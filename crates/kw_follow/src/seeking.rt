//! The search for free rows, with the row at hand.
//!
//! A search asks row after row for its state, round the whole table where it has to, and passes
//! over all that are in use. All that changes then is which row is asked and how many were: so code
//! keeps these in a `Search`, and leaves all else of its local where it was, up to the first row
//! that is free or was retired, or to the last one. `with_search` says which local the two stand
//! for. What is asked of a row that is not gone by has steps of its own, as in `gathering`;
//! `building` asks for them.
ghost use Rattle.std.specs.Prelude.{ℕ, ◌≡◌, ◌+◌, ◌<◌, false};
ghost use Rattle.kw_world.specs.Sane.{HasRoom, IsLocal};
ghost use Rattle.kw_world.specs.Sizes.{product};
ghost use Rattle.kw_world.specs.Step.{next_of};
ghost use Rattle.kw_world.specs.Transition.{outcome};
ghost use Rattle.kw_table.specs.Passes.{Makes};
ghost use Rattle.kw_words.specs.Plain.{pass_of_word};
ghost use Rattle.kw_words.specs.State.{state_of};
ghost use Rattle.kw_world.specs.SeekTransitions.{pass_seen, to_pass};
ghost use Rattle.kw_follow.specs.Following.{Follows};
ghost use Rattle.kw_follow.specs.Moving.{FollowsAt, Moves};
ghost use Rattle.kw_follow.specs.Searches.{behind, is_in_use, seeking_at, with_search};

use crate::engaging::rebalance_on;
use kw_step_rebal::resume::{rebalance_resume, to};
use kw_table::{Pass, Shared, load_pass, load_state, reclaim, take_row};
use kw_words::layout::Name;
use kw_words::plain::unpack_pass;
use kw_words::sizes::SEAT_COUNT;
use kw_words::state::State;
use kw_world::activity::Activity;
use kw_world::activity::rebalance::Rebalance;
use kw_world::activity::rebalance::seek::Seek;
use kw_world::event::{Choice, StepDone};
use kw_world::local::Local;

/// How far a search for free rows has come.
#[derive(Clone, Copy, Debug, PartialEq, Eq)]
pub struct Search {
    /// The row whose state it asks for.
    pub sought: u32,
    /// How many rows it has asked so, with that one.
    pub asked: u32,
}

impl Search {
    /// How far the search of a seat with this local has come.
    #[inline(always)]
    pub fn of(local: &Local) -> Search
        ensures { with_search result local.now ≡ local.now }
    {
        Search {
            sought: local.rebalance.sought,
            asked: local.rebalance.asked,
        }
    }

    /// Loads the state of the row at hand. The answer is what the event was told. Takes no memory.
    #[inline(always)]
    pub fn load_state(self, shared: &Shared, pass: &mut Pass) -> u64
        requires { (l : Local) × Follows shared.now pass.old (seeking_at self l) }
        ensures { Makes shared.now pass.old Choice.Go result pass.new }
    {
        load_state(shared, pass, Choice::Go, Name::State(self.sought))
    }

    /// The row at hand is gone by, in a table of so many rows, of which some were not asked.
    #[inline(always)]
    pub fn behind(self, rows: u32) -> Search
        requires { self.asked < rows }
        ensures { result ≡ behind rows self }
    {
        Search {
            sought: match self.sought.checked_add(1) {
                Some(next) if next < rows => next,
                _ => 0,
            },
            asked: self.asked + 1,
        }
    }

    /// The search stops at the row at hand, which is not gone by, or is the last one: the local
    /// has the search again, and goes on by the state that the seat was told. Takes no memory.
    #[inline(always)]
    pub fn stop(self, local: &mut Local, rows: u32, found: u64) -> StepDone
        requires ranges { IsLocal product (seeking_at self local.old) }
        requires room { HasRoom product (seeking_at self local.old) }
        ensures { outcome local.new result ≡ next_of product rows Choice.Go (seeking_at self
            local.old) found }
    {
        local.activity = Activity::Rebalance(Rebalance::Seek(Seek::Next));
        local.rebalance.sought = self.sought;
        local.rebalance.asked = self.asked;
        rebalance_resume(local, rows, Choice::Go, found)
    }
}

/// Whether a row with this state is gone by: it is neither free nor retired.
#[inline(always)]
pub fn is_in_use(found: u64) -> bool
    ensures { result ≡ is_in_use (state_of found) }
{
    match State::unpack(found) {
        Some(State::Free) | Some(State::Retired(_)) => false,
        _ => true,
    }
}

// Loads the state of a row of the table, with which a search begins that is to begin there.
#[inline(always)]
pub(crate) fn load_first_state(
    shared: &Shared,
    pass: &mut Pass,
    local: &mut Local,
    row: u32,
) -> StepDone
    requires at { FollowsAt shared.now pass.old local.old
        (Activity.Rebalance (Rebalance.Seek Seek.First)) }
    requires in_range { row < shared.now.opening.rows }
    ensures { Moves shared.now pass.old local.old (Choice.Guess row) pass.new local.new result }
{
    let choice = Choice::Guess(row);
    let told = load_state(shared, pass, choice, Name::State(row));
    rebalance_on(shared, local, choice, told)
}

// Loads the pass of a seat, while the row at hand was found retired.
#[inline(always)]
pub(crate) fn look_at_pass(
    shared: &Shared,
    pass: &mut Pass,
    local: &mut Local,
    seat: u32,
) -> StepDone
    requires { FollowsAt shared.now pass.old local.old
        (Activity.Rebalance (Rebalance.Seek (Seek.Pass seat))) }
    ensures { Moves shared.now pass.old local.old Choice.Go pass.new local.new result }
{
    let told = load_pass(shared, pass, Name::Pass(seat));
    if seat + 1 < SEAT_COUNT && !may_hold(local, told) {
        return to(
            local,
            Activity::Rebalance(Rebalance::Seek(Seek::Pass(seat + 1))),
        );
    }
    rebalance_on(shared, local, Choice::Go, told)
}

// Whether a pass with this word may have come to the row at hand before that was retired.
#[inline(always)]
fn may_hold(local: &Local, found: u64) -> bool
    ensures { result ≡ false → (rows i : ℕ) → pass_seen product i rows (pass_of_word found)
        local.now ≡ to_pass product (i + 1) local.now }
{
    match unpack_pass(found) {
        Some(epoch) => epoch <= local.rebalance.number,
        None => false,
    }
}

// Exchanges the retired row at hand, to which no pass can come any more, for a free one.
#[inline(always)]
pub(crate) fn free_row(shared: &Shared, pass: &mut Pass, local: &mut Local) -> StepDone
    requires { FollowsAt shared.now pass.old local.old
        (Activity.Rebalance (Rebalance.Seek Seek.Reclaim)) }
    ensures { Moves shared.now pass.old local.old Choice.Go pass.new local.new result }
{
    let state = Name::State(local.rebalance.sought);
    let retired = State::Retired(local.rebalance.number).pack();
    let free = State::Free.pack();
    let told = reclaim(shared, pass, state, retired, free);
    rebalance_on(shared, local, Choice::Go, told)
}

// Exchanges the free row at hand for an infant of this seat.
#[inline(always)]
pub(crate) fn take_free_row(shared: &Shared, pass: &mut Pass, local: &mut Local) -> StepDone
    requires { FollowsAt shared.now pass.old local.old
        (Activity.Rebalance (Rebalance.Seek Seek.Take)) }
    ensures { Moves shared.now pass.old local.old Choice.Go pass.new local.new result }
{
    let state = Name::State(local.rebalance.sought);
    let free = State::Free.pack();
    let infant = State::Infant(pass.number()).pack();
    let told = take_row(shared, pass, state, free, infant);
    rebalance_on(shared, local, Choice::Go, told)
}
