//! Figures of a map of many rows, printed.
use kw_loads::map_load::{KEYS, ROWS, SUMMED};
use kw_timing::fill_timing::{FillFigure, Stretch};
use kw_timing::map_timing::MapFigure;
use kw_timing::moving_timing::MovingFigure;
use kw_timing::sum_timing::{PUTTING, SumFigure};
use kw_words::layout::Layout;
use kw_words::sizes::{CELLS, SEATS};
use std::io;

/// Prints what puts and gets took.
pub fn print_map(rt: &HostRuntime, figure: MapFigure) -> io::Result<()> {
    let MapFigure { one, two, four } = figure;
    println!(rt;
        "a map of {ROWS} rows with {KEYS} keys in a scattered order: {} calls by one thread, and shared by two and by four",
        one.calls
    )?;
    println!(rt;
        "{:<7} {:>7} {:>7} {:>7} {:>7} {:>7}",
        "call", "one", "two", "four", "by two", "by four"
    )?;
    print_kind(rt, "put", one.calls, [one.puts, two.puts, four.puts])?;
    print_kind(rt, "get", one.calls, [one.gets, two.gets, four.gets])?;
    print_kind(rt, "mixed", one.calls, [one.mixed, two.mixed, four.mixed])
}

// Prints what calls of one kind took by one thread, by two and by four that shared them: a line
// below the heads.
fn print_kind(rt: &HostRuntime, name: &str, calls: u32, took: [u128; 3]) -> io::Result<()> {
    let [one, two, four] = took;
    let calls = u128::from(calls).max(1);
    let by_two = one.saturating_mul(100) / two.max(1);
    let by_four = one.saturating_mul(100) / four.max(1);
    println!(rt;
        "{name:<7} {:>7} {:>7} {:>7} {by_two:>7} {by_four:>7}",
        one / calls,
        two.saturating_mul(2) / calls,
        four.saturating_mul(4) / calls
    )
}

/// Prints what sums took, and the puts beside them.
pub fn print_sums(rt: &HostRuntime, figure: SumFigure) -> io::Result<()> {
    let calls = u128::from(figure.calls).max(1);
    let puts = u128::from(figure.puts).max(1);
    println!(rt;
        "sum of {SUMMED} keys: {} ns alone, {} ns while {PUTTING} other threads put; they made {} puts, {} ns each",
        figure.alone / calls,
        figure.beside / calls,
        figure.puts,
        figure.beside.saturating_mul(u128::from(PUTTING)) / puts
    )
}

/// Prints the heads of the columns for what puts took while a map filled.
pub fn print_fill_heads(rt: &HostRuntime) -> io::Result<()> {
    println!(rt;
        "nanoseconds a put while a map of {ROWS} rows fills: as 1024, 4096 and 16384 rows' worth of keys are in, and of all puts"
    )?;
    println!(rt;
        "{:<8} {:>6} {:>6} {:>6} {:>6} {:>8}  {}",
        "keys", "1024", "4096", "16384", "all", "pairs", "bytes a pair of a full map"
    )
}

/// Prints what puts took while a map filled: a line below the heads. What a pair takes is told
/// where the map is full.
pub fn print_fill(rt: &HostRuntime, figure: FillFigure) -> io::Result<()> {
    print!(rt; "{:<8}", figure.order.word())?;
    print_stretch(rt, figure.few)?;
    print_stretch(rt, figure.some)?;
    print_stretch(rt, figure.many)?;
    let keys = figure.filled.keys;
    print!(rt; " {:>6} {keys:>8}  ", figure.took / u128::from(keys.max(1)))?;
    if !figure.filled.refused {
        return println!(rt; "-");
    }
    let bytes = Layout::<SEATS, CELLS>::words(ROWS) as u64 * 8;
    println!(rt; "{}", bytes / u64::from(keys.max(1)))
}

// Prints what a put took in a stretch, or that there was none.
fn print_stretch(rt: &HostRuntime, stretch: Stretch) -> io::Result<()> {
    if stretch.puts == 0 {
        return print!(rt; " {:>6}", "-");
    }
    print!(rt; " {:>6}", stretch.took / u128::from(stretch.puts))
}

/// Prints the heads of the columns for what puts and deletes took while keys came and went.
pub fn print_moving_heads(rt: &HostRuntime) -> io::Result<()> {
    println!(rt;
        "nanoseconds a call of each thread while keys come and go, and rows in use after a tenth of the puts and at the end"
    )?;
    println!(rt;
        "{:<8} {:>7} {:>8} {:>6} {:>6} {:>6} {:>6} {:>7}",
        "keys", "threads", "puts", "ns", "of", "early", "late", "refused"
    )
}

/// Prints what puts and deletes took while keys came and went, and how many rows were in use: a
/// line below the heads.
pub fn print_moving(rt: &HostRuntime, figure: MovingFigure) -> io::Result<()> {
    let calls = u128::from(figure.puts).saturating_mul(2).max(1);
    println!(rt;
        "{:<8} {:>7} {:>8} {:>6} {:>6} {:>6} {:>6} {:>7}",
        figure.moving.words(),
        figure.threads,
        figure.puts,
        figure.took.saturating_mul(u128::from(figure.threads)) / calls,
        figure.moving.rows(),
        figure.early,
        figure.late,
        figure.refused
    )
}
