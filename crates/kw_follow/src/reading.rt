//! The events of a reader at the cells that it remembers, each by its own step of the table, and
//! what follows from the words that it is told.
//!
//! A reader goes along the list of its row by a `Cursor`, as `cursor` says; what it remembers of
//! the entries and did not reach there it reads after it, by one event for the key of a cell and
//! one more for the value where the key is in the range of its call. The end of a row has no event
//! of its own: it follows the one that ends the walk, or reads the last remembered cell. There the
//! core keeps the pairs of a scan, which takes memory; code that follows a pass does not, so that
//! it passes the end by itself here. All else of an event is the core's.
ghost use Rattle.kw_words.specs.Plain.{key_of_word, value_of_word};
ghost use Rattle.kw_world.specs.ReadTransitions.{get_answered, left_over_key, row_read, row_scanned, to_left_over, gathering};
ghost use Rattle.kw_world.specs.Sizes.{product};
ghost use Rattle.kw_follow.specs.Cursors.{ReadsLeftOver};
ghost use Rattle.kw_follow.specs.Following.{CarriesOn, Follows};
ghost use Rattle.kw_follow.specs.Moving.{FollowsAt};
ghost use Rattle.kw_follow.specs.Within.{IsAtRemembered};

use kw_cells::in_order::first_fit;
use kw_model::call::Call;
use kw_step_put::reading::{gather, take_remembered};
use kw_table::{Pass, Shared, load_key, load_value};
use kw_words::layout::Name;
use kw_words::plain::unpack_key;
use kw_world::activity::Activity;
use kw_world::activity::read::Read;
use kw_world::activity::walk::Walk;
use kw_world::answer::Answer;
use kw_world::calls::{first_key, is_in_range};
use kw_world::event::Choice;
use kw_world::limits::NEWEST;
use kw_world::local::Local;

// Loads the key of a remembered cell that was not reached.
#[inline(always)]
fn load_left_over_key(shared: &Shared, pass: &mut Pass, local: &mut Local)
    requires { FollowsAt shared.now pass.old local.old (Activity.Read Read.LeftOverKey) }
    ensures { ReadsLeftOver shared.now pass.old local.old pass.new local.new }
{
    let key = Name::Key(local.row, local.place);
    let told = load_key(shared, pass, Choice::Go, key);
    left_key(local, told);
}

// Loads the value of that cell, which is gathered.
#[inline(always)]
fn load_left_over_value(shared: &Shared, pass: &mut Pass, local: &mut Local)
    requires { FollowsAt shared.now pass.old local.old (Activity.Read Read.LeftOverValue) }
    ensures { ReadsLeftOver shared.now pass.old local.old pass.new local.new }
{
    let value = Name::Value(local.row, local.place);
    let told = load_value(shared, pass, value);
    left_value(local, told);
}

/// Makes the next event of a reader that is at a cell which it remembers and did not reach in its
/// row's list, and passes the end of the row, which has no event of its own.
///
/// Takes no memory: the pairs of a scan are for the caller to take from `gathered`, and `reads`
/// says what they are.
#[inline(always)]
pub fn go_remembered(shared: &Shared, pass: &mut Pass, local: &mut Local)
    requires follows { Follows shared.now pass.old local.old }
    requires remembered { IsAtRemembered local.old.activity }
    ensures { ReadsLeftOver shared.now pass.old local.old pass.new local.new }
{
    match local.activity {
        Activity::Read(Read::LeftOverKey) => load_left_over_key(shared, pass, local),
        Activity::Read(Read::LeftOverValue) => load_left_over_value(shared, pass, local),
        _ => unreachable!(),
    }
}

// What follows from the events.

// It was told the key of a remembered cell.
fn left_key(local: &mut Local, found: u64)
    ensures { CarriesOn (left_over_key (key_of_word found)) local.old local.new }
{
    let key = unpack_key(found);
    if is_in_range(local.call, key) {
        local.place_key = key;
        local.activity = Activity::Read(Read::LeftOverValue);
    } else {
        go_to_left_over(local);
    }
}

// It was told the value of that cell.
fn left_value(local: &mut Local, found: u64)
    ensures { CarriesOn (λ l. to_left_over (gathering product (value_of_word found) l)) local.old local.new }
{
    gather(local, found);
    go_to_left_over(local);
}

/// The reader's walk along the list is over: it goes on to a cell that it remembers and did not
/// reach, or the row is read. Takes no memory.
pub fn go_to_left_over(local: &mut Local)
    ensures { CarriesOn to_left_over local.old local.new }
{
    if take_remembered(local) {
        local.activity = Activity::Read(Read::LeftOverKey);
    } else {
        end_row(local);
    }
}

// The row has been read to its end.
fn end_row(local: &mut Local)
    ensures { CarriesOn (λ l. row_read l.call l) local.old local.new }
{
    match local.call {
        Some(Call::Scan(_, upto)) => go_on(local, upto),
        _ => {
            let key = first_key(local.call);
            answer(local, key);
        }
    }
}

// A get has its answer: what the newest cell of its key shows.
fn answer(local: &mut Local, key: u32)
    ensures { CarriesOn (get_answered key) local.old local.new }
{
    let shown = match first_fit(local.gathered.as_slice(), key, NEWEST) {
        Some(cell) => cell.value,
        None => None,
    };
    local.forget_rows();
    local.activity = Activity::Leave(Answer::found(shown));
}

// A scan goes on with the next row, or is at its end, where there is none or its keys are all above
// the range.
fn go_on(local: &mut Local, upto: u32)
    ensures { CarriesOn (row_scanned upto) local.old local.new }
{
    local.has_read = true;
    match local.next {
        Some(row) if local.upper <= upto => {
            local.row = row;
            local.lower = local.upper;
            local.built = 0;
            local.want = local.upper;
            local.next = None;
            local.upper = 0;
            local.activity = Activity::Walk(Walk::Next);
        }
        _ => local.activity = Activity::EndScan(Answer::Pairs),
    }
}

* * * *

◆ INSTRUCTIONS TO FOLLOW:
Report every line of the data in which "PUTTING" appears.

◆ RESPONSE BELOW:
use kw_timing::sum_timing::{PUTTING, SumFigure};
        "sum of {SUMMED} keys: {} ns alone, {} ns while {PUTTING} other threads put; they made {} puts, {} ns each",
        figure.beside.saturating_mul(u128::from(PUTTING)) / puts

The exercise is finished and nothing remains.